Shimon Alon was appointed Chairman of our Board of Directors in April 2004 and was appointed our Chief Executive Officer in June 2008.  From September 1997 until June 2003, Mr. Alon served as Chief Executive Officer of Precise Software Solutions Ltd., or Precise, a provider of application performance management. Since the acquisition of Precise by Veritas Software Corp., or Veritas, in June 2003, Mr. Alon has served as an executive advisor to Veritas.  Prior to Precise, Mr. Alon held a number of positions at Scitex Corporation Ltd. and its subsidiaries, including President and Chief Executive Officer of Scitex America and Managing Director of Scitex Europe. Mr. Alon holds a degree from the Executive Management Program at the Harvard Business School.
 
Mark Logan was appointed as our Chief Operating Officer in November 2017. He was promoted to President in May 2018. Mr.

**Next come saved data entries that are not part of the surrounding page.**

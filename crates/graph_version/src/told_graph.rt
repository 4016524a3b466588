//! A graph that stands in the proofs alone.

ghost use Rattle.std.specs.Prelude.{◌≡◌};
ghost use Rattle.graph_version.specs.Begun.{graph_by};
ghost use Rattle.graph_version.specs.Versions.{content};

use crate::begun::Begun;
use crate::versions::Version;
use logbook::{Opening as Opens, Pens, Rule, Seen, Start};
use std::marker::Model;

/// What a list of graphs has for an entry.
pub struct AnyGraph;

impl Model for AnyGraph {
    ghost use Rattle.std.specs.Coded.{codes};
    ghost use Rattle.graph_types.specs.Coded.{graph_code};
    ghost use Rattle.graph_types.specs.Graph.{Graph};
    ghost use Rattle.graph_types.specs.Step.{empty_graph};

    ghost Value = { Graph };

    ghost coded = { Prim.hlevel (codes, graph_code) };

    ghost view = { λ any. empty_graph };
}

/// Any list of graphs may be told.
pub struct AnyGraphs;

impl Rule<AnyGraph, u64> for AnyGraphs {
    ghost use Rattle.std.specs.Prelude.{[]};
    ghost use base.Fml.{ftrue};

    ghost holds = { λ cells log. Unit {0} };

    ghost first = { [] };

    ghost hinted = { λ n log. Unit {0} };

    ghost shows = { λ log. [] };

    ghost keeps = { λ names log. ftrue };

    ghost moves = { λ ask before after answer. Unit {0} };
}

/// A graph that stands in the proofs alone: it takes no memory.
pub(crate) struct ToldGraph {
    seen: Seen<AnyGraph, u64, AnyGraphs>,
}

// Written by hand: who lets one go rests on this function, and not on how each part is let go.
impl Drop for ToldGraph {
    fn drop(self) {
        let ToldGraph { seen: _seen } = self;
    }
}

impl Model for ToldGraph {
    ghost use Rattle.std.specs.Coded.{codes};
    ghost use Rattle.graph_types.specs.Coded.{graph_code};
    ghost use Rattle.graph_types.specs.Graph.{Graph};
    ghost use Rattle.graph_version.specs.Graphs.{first_graph};

    ghost Value = { Graph };

    ghost coded = { Prim.hlevel (codes, graph_code) };

    ghost view = { λ told. first_graph told.seen.log };
}

/// A version's content.
struct ContentOf;

impl Opens<Version, AnyGraph> for ContentOf {
    ghost use Rattle.std.specs.Prelude.{◌∷◌, []};
    ghost use Rattle.graph_version.specs.Versions.{content};

    ghost log = { λ count version. content version ∷ [] };
}

/// The graph that a version is to begin with.
struct GraphOf;

impl Opens<Begun, AnyGraph> for GraphOf {
    ghost use Rattle.std.specs.Prelude.{◌∷◌, []};
    ghost use Rattle.graph_version.specs.Begun.{graph_by};

    ghost log = { λ count begun. graph_by begun.limits begun.names.names begun.kinds.names begun.rows ∷ [] };
}

impl ToldGraph {
    /// What a version is to begin with.
    pub(crate) fn by(begun: &Begun) -> ToldGraph
        ensures { result ≡ graph_by begun.now.limits begun.now.names.names begun.now.kinds.names begun.now.rows }
    {
        let (seen, _pens): (Seen<AnyGraph, u64, AnyGraphs>, Pens) = Seen::open_row::<
            Begun,
            GraphOf,
        >(begun, Start::alone(), 0);
        ToldGraph { seen }
    }

    /// What a version holds.
    pub(crate) fn of(version: &Version) -> ToldGraph
        ensures { result ≡ content version.now }
    {
        let (seen, _pens): (Seen<AnyGraph, u64, AnyGraphs>, Pens) = Seen::open_row::<
            Version,
            ContentOf,
        >(version, Start::alone(), 0);
        ToldGraph { seen }
    }

    /// The same graph.
    pub(crate) fn share(&self) -> ToldGraph
        ensures { result ≡ self.now }
    {
        ToldGraph {
            seen: self.seen.again(),
        }
    }
}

Logan has over 25 years of technology industry experience and has served in several executive management roles, including as Chief Executive Officer of WealthEngine Inc. from January 2015 to November 2017, Chief Revenue Officer and Executive Vice President of Global Sales of BackOffice Associates, LLC from 2012 to 2014, Chief Operating Officer of Emptoris Inc. from 2010 to 2012, which acquired Rivermine Software, Inc. where he was Chief Executive Officer from 2004 to 2010. Mr. Logan holds a B.S in Systems Engineering from Providence College.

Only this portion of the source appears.